ProLiant Servers (ML,DL,SL)
1752511 Members
4756 Online
108788 Solutions
New Discussion юеВ

Re: Unexpected reboots on a DL380 G3

 
SOLVED
Go to solution
Albator
Occasional Contributor

Unexpected reboots on a DL380 G3

Hello everyone,

we have a DL380 G3 which keeps rebooting with the following error messages:

"The previous system shutdown at 9:34:38 PM on 3/29/2006 was unexpected."

The event log time for the error above is at 10:36 PM on the same day (3/29/2006). Now the following warning show up at 10:35 pm in the event log:

"System Information Agent: Health: Post Errors were detected. One or more Power-On-Self-Test errors were detected during server startup.
[SNMP TRAP: 6027 in CPQHLTH.MIB]"

The frequency of the reboots is the following:
-Sometimes no reboots for 1 or 2 days
-sometimes reboots 5 or 6 times in a row.

I have to add that the server was running for 3 years without any problems. Then an 6400 Array controller was added with an MSA with 1 channel (the server is a file server). Exactly 7 days later, we started have this reboot issue.

Has anyone seen such behavior?

Thanks

4 REPLIES 4
Prashant (I am Back)
Honored Contributor

Re: Unexpected reboots on a DL380 G3

Hi,

We need to check for few thing.
like:

1)what is there in IML log?
2)It is talking about post error's so you need to check when server is booting up is there any error. you can do so by restarting the server by your self also.
3)run ADU (Array Daignostics Utility) to check the status of controller and raid we have.

since it all started after the addition of the new hardware, we can check with h/w logs as mentioned above.

Regards
Prashant S.
Nothing is impossible
Albator
Occasional Contributor

Re: Unexpected reboots on a DL380 G3

The message in IML is:

"POST Error: 1785-Drive Array not Configured"

Brian_Murdoch
Honored Contributor
Solution

Re: Unexpected reboots on a DL380 G3

Hi,

Event ID 1123 with SNMP trap 6027 can be the result of a battery failure on the Smart Array 6400. Run the Array Configuration Utility (ACU) and look at the battery count and battery status information. The status may say failed.

The first step to fix this is to update the SA6400 firmware as there have been a number of false battery failure issues with the firmware versions prior to V2.58a.

Download and run V2.58a firmware from here. This should sort the problem if it is a firmware issue. A reboot is required for the new firmware to be activated.

http://h18023.www1.hp.com/support/files/server/us/download/23678.html

If the problem persists after the firmware update you may have a genuine battery problem. To identify which battery is faulty (there are two on the SA6400), you need to run the Array Diagnostic Utility (ADU) version 7.30 or above and look at the report. In the line which starts with "Failed Batteries:" there will be a value of 0001 or 0002 indicating battery 1 or battery 2. There may also be a clear message indicating which battery has failed.

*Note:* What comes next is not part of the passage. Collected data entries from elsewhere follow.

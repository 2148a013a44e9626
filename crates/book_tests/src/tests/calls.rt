//! Limits, and the book that has just been made: what each call answers.

use crate::tests::asking::{abc, abc_book, limits, names_of};
use book::{Book, RestoreFault};
use std::alloc::Global;
use std::test::Fail;
use venue_model::{Limits, LimitsFault, Order, Side, Symbol};

/// Why these are no symbols of a venue, if they are none.
fn fault_of(alloc: Global, symbols: &[&str]) -> Result<Option<LimitsFault>, Fail> {
    let names = names_of(alloc, symbols)?;
    Ok(Limits::new(alloc, &names).err())
}

#[test]
fn symbols_refused(rt: HostRuntime) -> Result<(), Fail> {
    let refused: [&[&str]; 6] = [
        &[],
        &["A", "B", "C", "D", "E", "F", "G", "H", "I"],
        &["ABC", "X", "ABC"],
        &["abc"],
        &["ABCDEFGHI"],
        &[""],
    ];
    for symbols in refused {
        assert!(rt; fault_of(rt.alloc(), symbols)? == Some(LimitsFault::BadSymbol));
    }
    assert!(rt; fault_of(rt.alloc(), &["A", "B", "C", "D", "E", "F", "G", "ABCDEFGH"])?.is_none());
    Ok(())
}

/// Whether the symbols have these names, one for each.
fn are_named(symbols: &[Symbol], names: &[&[u8]]) -> bool {
    symbols.len() == names.len()
        && symbols
            .iter()
            .zip(names)
            .all(|(symbol, name)| symbol.as_bytes() == *name)
}

#[test]
fn symbols_in_order(rt: HostRuntime) -> Result<(), Fail> {
    let limits = limits(rt.alloc(), &["X1", "ABC", "ABD"])?;
    let names: [&[u8]; 3] = [b"X1", b"ABC", b"ABD"];
    assert!(rt; are_named(limits.symbols(), &names));
    assert_eq!(rt; limits.cut(), 0);
    Ok(())
}

#[test]
fn symbols_known(rt: HostRuntime) -> Result<(), Fail> {
    let symbol = abc()?;
    let other = Symbol::new(b"AB").ok_or("no symbol")?;
    let limits = limits(rt.alloc(), &["X1", "ABC"])?;
    assert!(rt; limits.has(&symbol));
    assert!(rt; !limits.has(&other));
    Ok(())
}

#[test]
fn empty_book(rt: HostRuntime) -> Result<(), Fail> {
    let book = abc_book(rt.alloc())?;
    assert!(rt; is_empty(&book));
    Ok(())
}

fn is_empty(book: &Book) -> bool {
    book.resting() == 0 && book.reads() == 0 && book.after(None).is_none()
}

#[test]
fn numbers_of_refusals(rt: HostRuntime) {
    assert_eq!(rt; LimitsFault::BadSymbol.number(), 11);
    assert_eq!(rt; LimitsFault::Memory.number(), 12);
    assert_eq!(rt; RestoreFault::BadSnapshot.number(), 61);
    assert_eq!(rt; RestoreFault::Memory.number(), 62);
}

/// An order of 10 at this price.
fn order(side: Side, price: u64, symbol: Symbol) -> Order {
    Order {
        id: 1,
        client: 1,
        cl_ord_id: 1,
        symbol,
        side,
        is_market: false,
        price,
        total: 10,
        cum: 0,
        notional: 0,
        stamp: 0,
    }
}

#[test]
fn orders_that_cross(rt: HostRuntime) -> Result<(), Fail> {
    let other = Symbol::new(b"X1").ok_or("no symbol")?;
    let abc = abc()?;
    let bid = order(Side::Buy, 50, abc);
    assert!(rt; bid.crosses(&order(Side::Sell, 50, abc)));
    assert!(rt; !bid.crosses(&order(Side::Sell, 51, abc)));
    assert!(rt; !bid.crosses(&order(Side::Buy, 50, abc)));
    assert!(rt; !bid.crosses(&order(Side::Sell, 50, other)));
    Ok(())
}
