//! A book over a plain list, in the order of the stamps, which is searched from the front for everything: what the book
//! over price levels is held against. It is written from docs/PROFILE.md, has no clauses, and shares nothing with that
//! book but the types of commands and outputs.

use std::alloc::{AllocError, Global};
use venue_model::{
    Command, CxlRejReason, CxlRejResponseTo, ExecType, ExecutionReport, NewOrderSingle,
    OrdRejReason, OrdType, Order, OrderCancelReject, OrderCancelReplaceRequest, OrderCancelRequest,
    Output, Report, Side, Symbol, TimeInForce,
};

/// How many orders rest at most.
const MOST: usize = 4096;

/// Where a command's outputs come from.
#[derive(Clone, Copy)]
struct Origin {
    client: u8,
    sequence: u64,
    time: u64,
}

/// The resting orders, in the order of their stamps; each client's greatest accepted ClOrdID; the venue's symbols.
#[derive(Drop)]
pub struct PlainBook {
    pub orders: Vec<Order>,
    greatest: [u64; 8],
    symbols: Vec<Symbol>,
}

impl PlainBook {
    /// The empty book of a venue that trades these symbols.
    pub fn new(alloc: Global, symbols: &[Symbol]) -> Result<PlainBook, AllocError> {
        Ok(PlainBook {
            orders: Vec::with_capacity(alloc, MOST)?,
            greatest: [0; 8],
            symbols: Vec::from_slice(alloc, symbols)?,
        })
    }

    /// Does what a client's command at this sequence asks, and puts its outputs behind those in `out`.
    pub fn apply(
        &mut self,
        sequence: u64,
        client: u8,
        command: &Command,
        out: &mut Vec<Output>,
    ) -> Result<(), AllocError> {
        match command {
            Command::New {
                sending_time,
                order,
            } => self.new_order(origin_of(client, sequence, *sending_time), order, out),
            Command::Cancel {
                sending_time,
                request,
            } => self.cancel(origin_of(client, sequence, *sending_time), request, out),
            Command::Replace {
                sending_time,
                request,
            } => self.replace(origin_of(client, sequence, *sending_time), request, out),
            Command::Malformed {
                sending_time,
                fault,
            } => put(
                origin_of(client, sequence, *sending_time),
                client,
                Report::SessionReject(*fault),
                out,
            ),
            Command::Void => Ok(()),
        }
    }

    /// A client's greatest accepted ClOrdID.
    fn greatest_of(&self, client: u8) -> u64 {
        match self.greatest.get(place_of(client)) {
            Some(greatest) => *greatest,
            None => 0,
        }
    }

    /// Notes a ClOrdID as accepted.
    fn accept(&mut self, client: u8, cl_ord_id: u64) {
        if let Some(greatest) = self.greatest.get_mut(place_of(client)) {
            *greatest = cl_ord_id;
        }
    }

    /// Where the client's order of this ClOrdID stands.
    fn named(&self, client: u8, cl_ord_id: u64) -> Option<usize> {
        self.orders.iter().position(|order| order.client == client && order.cl_ord_id == cl_ord_id)
    }

    /// The order at this place.
    fn at(&self, place: Option<usize>) -> Option<Order> {
        Some(*self.orders.get(place?)?)
    }

    fn take_out(&mut self, place: usize) {
        if place < self.orders.len() {
            self.orders.remove(place);
        }
    }

    fn new_order(
        &mut self,
        origin: Origin,
        request: &NewOrderSingle,
        out: &mut Vec<Output>,
    ) -> Result<(), AllocError> {
        let order = order_of(origin, request);
        if let Some(reason) = self.new_refusal(origin.client, request) {
            return tell(origin, ExecType::Rejected { reason }, &order, out);
        }
        self.accept(origin.client, request.cl_ord_id);
        tell(origin, ExecType::New, &order, out)?;
        self.enter(origin, &order, terms_of(request), out)
    }

    /// Why a new order is refused.
    fn new_refusal(&self, client: u8, request: &NewOrderSingle) -> Option<OrdRejReason> {
        if request.cl_ord_id <= self.greatest_of(client) {
            Some(OrdRejReason::DuplicateOrder)
        } else if !self.symbols.iter().any(|symbol| symbol.is(&request.symbol)) {
            Some(OrdRejReason::UnknownSymbol)
        } else if terms_of(request) == TimeInForce::Day && self.orders.len() >= MOST {
            Some(OrdRejReason::BookFull)
        } else {
            None
        }
    }

    fn cancel(
        &mut self,
        origin: Origin,
        request: &OrderCancelRequest,
        out: &mut Vec<Output>,
    ) -> Result<(), AllocError> {
        let place = self.named(origin.client, request.orig_cl_ord_id);
        let named = self.at(place);
        let fits = can_cancel(request, &named);
        let reason = self.refusal(origin.client, request.cl_ord_id, place.is_some(), fits);
        if let Some(reason) = reason {
            return refuse_cancel(origin, request, named, reason, out);
        }
        self.accept(origin.client, request.cl_ord_id);
        let (Some(place), Some(order)) = (place, named) else {
            return Ok(());
        };
        self.take_out(place);
        let exec_type = ExecType::Canceled {
            orig_cl_ord_id: Some(request.orig_cl_ord_id),
        };
        let canceled = Order {
            cl_ord_id: request.cl_ord_id,
            ..order
        };
        tell(origin, exec_type, &canceled, out)
    }

    fn replace(
        &mut self,
        origin: Origin,
        request: &OrderCancelReplaceRequest,
        out: &mut Vec<Output>,
    ) -> Result<(), AllocError> {
        let place = self.named(origin.client, request.orig_cl_ord_id);
        let named = self.at(place);
        let fits = can_replace(request, &named);
        let reason = self.refusal(origin.client, request.cl_ord_id, place.is_some(), fits);
        if let Some(reason) = reason {
            return refuse_replace(origin, request, named, reason, out);
        }
        self.accept(origin.client, request.cl_ord_id);
        let (Some(place), Some(order)) = (place, named) else {
            return Ok(());
        };
        self.amend(origin, request, place, &order, out)
    }

    /// Why a cancel or a replace under this ClOrdID is refused, by whether its order rests, and fits it.
    fn refusal(
        &self,
        client: u8,
        cl_ord_id: u64,
        is_there: bool,
        fits: bool,
    ) -> Option<CxlRejReason> {
        if cl_ord_id <= self.greatest_of(client) {
            Some(CxlRejReason::DuplicateClOrdId)
        } else if !is_there {
            Some(CxlRejReason::UnknownOrder)
        } else if !fits {
            Some(CxlRejReason::BrokerOption)
        } else {
            None
        }
    }

    /// Amends the order at this place: it stays there, or it comes in again.
    fn amend(
        &mut self,
        origin: Origin,
        request: &OrderCancelReplaceRequest,
        place: usize,
        order: &Order,
        out: &mut Vec<Output>,
    ) -> Result<(), AllocError> {
        let exec_type = ExecType::Replaced {
            orig_cl_ord_id: request.orig_cl_ord_id,
        };
        let stays = request.price == order.price && request.quantity <= order.total;
        let amended = Order {
            cl_ord_id: request.cl_ord_id,
            price: request.price,
            total: request.quantity,
            stamp: if stays { order.stamp } else { origin.sequence },
            ..*order
        };
        tell(origin, exec_type, &amended, out)?;
        if !stays {
            self.take_out(place);
            return self.enter(origin, &amended, TimeInForce::Day, out);
        }
        if let Some(order) = self.orders.get_mut(place) {
            *order = amended;
        }
        Ok(())
    }

    /// An order comes in on these terms, behind all that rest.
    fn enter(
        &mut self,
        origin: Origin,
        incoming: &Order,
        terms: TimeInForce,
        out: &mut Vec<Output>,
    ) -> Result<(), AllocError> {
        if terms == TimeInForce::FillOrKill && self.crossed_total(incoming) < left(incoming) {
            return tell(origin, canceled(), incoming, out);
        }
        let mut incoming = *incoming;
        for _ in 0..MOST {
            let Some(place) = self.best(&incoming) else {
                break;
            };
            self.fill(origin, &mut incoming, place, out)?;
        }
        if left(&incoming) == 0 {
            return Ok(());
        }
        if terms == TimeInForce::Day {
            return push(&mut self.orders, &incoming);
        }
        tell(origin, canceled(), &incoming, out)
    }

    /// What the orders that it crosses have left.
    fn crossed_total(&self, incoming: &Order) -> u64 {
        let mut total = 0_u64;
        for order in &self.orders {
            if crosses(incoming, order) {
                total = total.wrapping_add(left(order));
            }
        }
        total
    }

    /// Where the order stands that it fills next, if something is left of it: of the best price the first one.
    fn best(&self, incoming: &Order) -> Option<usize> {
        if left(incoming) == 0 {
            return None;
        }
        let mut best = None;
        let mut price = incoming.price;
        for (place, order) in self.orders.iter().enumerate() {
            let is_first = best.is_none() || is_better(order.side, order.price, price);
            if is_first && crosses(incoming, order) {
                best = Some(place);
                price = order.price;
            }
        }
        best
    }

    /// Fills the order at this place, as far as both go, and tells both sides.
    fn fill(
        &mut self,
        origin: Origin,
        incoming: &mut Order,
        place: usize,
        out: &mut Vec<Output>,
    ) -> Result<(), AllocError> {
        let Some(resting) = self.orders.get_mut(place) else {
            return Ok(());
        };
        let last_px = resting.price;
        let last_qty = left(resting).min(left(incoming));
        add(resting, last_qty, last_px);
        add(incoming, last_qty, last_px);
        let filled = *resting;
        let exec_type = ExecType::Trade { last_qty, last_px };
        tell(origin, exec_type, &filled, out)?;
        tell(origin, exec_type, incoming, out)?;
        if left(&filled) == 0 {
            self.take_out(place);
        }
        Ok(())
    }
}

/// The order that a request asks for. All prices of the other side meet that of a market order.
fn order_of(origin: Origin, request: &NewOrderSingle) -> Order {
    let (price, is_market) = match (request.ord_type, request.side) {
        (OrdType::Limit { price }, _) => (price, false),
        (OrdType::Market, Side::Buy) => (1_000_000, true),
        (OrdType::Market, Side::Sell) => (0, true),
    };
    Order {
        id: origin.sequence.wrapping_add(1),
        client: origin.client,
        cl_ord_id: request.cl_ord_id,
        symbol: request.symbol,
        side: request.side,
        price,
        is_market,
        total: request.quantity,
        cum: 0,
        notional: 0,
        stamp: origin.sequence,
    }
}

/// On which terms a new order comes in: nothing of a market order rests.
fn terms_of(request: &NewOrderSingle) -> TimeInForce {
    match (request.ord_type, request.time_in_force) {
        (OrdType::Market, TimeInForce::Day) => TimeInForce::ImmediateOrCancel,
        (_, time_in_force) => time_in_force,
    }
}

/// Whether a price is better for the other side.
fn is_better(side: Side, price: u64, other: u64) -> bool {
    match side {
        Side::Buy => other < price,
        Side::Sell => price < other,
    }
}

fn crosses(incoming: &Order, order: &Order) -> bool {
    let meets = match incoming.side {
        Side::Buy => order.price <= incoming.price,
        Side::Sell => incoming.price <= order.price,
    };
    meets && incoming.side != order.side && incoming.symbol.is(&order.symbol)
}

/// Whether a cancel is of the order's symbol and side.
fn can_cancel(request: &OrderCancelRequest, order: &Option<Order>) -> bool {
    match order {
        Some(order) => request.symbol.is(&order.symbol) && request.side == order.side,
        None => false,
    }
}

/// Whether a replace is of the order's symbol and side, and leaves a day order with something left.
fn can_replace(request: &OrderCancelReplaceRequest, order: &Option<Order>) -> bool {
    match order {
        Some(order) => {
            request.symbol.is(&order.symbol)
                && request.side == order.side
                && request.time_in_force == TimeInForce::Day
                && order.cum < request.quantity
        }
        None => false,
    }
}

fn left(order: &Order) -> u64 {
    order.total.wrapping_sub(order.cum)
}

/// A fill of an order.
fn add(order: &mut Order, quantity: u64, price: u64) {
    order.cum = order.cum.wrapping_add(quantity);
    order.notional = order.notional.wrapping_add(quantity.wrapping_mul(price));
}

/// The place of a client among eight.
fn place_of(client: u8) -> usize {
    usize::from(client.wrapping_sub(1))
}

fn origin_of(client: u8, sequence: u64, time: u64) -> Origin {
    Origin {
        client,
        sequence,
        time,
    }
}

/// Canceled by its own terms.
fn canceled() -> ExecType {
    ExecType::Canceled {
        orig_cl_ord_id: None,
    }
}

fn tell(
    origin: Origin,
    exec_type: ExecType,
    order: &Order,
    out: &mut Vec<Output>,
) -> Result<(), AllocError> {
    let report = ExecutionReport {
        exec_type,
        order: *order,
    };
    put(origin, order.client, Report::Exec(report), out)
}

fn refuse_cancel(
    origin: Origin,
    request: &OrderCancelRequest,
    order: Option<Order>,
    reason: CxlRejReason,
    out: &mut Vec<Output>,
) -> Result<(), AllocError> {
    let reject = OrderCancelReject {
        order,
        cl_ord_id: request.cl_ord_id,
        orig_cl_ord_id: request.orig_cl_ord_id,
        response_to: CxlRejResponseTo::Cancel,
        reason,
    };
    put(origin, origin.client, Report::CancelReject(reject), out)
}

fn refuse_replace(
    origin: Origin,
    request: &OrderCancelReplaceRequest,
    order: Option<Order>,
    reason: CxlRejReason,
    out: &mut Vec<Output>,
) -> Result<(), AllocError> {
    let reject = OrderCancelReject {
        order,
        cl_ord_id: request.cl_ord_id,
        orig_cl_ord_id: request.orig_cl_ord_id,
        response_to: CxlRejResponseTo::CancelReplace,
        reason,
    };
    put(origin, origin.client, Report::CancelReject(reject), out)
}

fn put(origin: Origin, to: u8, report: Report, out: &mut Vec<Output>) -> Result<(), AllocError> {
    let output = Output {
        to,
        cause: origin.sequence,
        sending_time: origin.time,
        report,
    };
    push(out, &output)
}

/// Puts a value behind the others.
fn push<T: Copy>(values: &mut Vec<T>, value: &T) -> Result<(), AllocError> {
    match values.push(*value) {
        Ok(()) => Ok(()),
        Err(_) => Err(AllocError),
    }
}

Battery 1 is the battery pack at the top of the card , battery 2 is the one at the bottom.
(See attached image).

The replacement battery pack spare part number is 307132-001 (Same part number for both modules). It is simply clipped into place if you don't require an HP engineer to fit it.

I hope this helps.

Brian





Albator
Occasional Contributor

Re: Unexpected reboots on a DL380 G3

The explanation I got from whoever installed and configured the MSA was that the Post Error message comes from the fact that the MSA was configured to use 1 channel for all 14 drives. In the array configuration utility, there are 2 controller icons for the 6400, one that holds all 14 drives, the other holds none. That's why the error message shows up.

What's strange is that the Post error message started showing up the first time the server was rebooted after the MSA install (1 week after the install), and this is exactly the same date the server rebooted started...

The dev. recently made some change on their app. so that it accesses this file server less often. The server did not reboot for 2 weeks but this week it started again. We get a reboot every second day or some.